# I have Questions on some rare parts please HELP



## Rust_Trader (Sep 30, 2011)

Hello CABE,


The first item is a rare weird never seen before 3 speed crank on this silver king, has anyone see one before??? 

Second is this EA Horn-light what bicycle company offered this? I know a member here owns one, does any one have moe info?catalog info? or parts for sale or if you have one can you please post pictures to see what im looking for. ( bulb,horn and button)

and last i got a pair of original person majestic pedals, what year were these offer?? This are correct for what??


thank for all the help in advance.


----------



## Rust_Trader (Sep 30, 2011)

*EA horn light*


----------



## Rust_Trader (Sep 30, 2011)

*pedals*


----------



## Andrew Gorman (Sep 30, 2011)

The 3 speed looks like a 1960's/1970's Dana unit.  What is the second lever on the stem shifter do? They look like the same vintage.  EA Laboratories was a bike and auto accessory manufacturer founded by Emanuel Aufiero that lasted at least until WWII.  Sharp looking light!


----------



## Rust_Trader (Sep 30, 2011)

Andrew Gorman said:


> The 3 speed looks like a 1960's/1970's Dana unit.  What is the second lever on the stem shifter do?






Yeah it says DANA I forgot to mention it, the two lever I was told its used for shifting it's kind of tricky.

By any chance do you have an idea how much this crank could be worth? 

Thanks for your hep.


----------



## Gordon (Sep 30, 2011)

*Dana*

I have one unopened in the original packaging that I bought off ebay for $35.


----------



## Rust_Trader (Sep 30, 2011)

Gordon said:


> I have one unopened in the original packaging that I bought off ebay for $35.

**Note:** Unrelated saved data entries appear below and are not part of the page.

// A column of the vectors, as a part of them.
ghost use Rattle.std.specs.Prelude.{◌≡◌};
ghost use Rattle.model.specs.Vectors.{column_of};

use form::shape::Shape;

// Column `col` of the vectors v, n numbers from place ld * col on, or a part of length 0 where a line applies:
// document 01 names this form, so no Option or Result says it.
#[tactic(auto, using(crate::proofs::Lines::column_first), unfolding(model::specs::Form::line7))]
pub fn column(n: usize, ld: usize, v: &[f64], col: usize) -> &[f64]
    ensures { result.now ≡ column_of ld n v.now col }
{
    let Ok(s) = Shape::new(n, ld, v) else {
        return &v[0..0];
    };
    if n <= col {
        return &v[0..0];
    }
    let at = s.place(0, col);
    &v[at..at + n]
}
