// Tests: lines of the calls on forms: exchange, moves, vectors, block values and column. Their words begin
// with the lengths of the buffers, so that buffers of any length that a room holds can stand in a line.
#![tactic(auto)]

pub mod buffers;
pub mod head;
pub mod moves;
pub mod vectors;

So pretty much worthless?!  I never seen one till this one. It looks cool it almost looks like some engine part of something weird. 

thanks


----------



## Gordon (Sep 30, 2011)

*Dana*

I wouldn't say worthless - just not extremely rare or extremely valuable. They make a great addition to a collection of aftermarket accessories for bicycles.


----------



## Rust_Trader (Sep 30, 2011)

Gordon said:


> I wouldn't say worthless - just not extremely rare or extremely valuable. They make a great addition to a collection of aftermarket accessories for bicycles.







Yeah it's cool to have, something very different from all other shifting gear stuff.


----------



## bikesnbuses (Sep 30, 2011)

Uhhhhhhh...>>>>AWESOME SILVER KING<<<<<<<


----------



## 37fleetwood (Sep 30, 2011)

your horn-light looks to be missing it's horn.
they usually go for $250~ complete and working.
the original pedals used to go for $300.00 for a good pair. I'm not sure if the repops changed that.
the transmission is cute but like was mentioned, it's from the '70's. you can get them cheap, so no real value there, especially used. there were a bunch of them floating around new in packages some time ago, someone must have found an unopened case somewhere. still a conversation piece, not many people have seen one.


----------



## Rust_Trader (Sep 30, 2011)

37fleetwood said:


> your horn-light looks to be missing it's horn.
> they usually go for $250~ complete and working.
> the original pedals used to go for $300.00 for a good pair. I'm not sure if the repops changed that.
> the transmission is cute but like was mentioned, it's from the '70's. you can get them cheap, so no real value there, especially used. there were a bunch of them floating around new in packages some time ago, someone must have found an unopened case somewhere. still a conversation piece, not many people have seen one.





Thanks for the info.,

I was told these Pedals were original but I'm not sure, how can I  find  out if they are or not?

I know one of the axle is different but the rest of the pedals look the same.


----------



## cyclonecoaster.com (Oct 1, 2011)

*Who owns the silver king ????*

IS THE SILVER KING FOR SALE ?? GREAT BICYCLE - IM ME -- thanks


----------



## Rust_Trader (Oct 1, 2011)

*Not for sale.*

Bike is not for sale


----------



## meteor (Oct 3, 2011)

Greens07 said:


> Thanks for the info.,
> 
> I was told these Pedals were original but I'm not sure, how can I  find  out if they are or not?
> 
> I know one of the axle is different but the rest of the pedals look the same.




the patina and wear look legit.


----------



## Rust_Trader (Oct 3, 2011)

Well I found a set of Torrington 10 pedals and I don't Need this set anymore( i know I had them on the bike for like 2 days)


Anyway light and pedals are for sale to who ever can use them.

Persons Majesic Pedals $215 shipped 
EA Horn-light $165 shipped


The only thing I'm looking in trade is a prewar Hi low Schwinn drum brake.


----------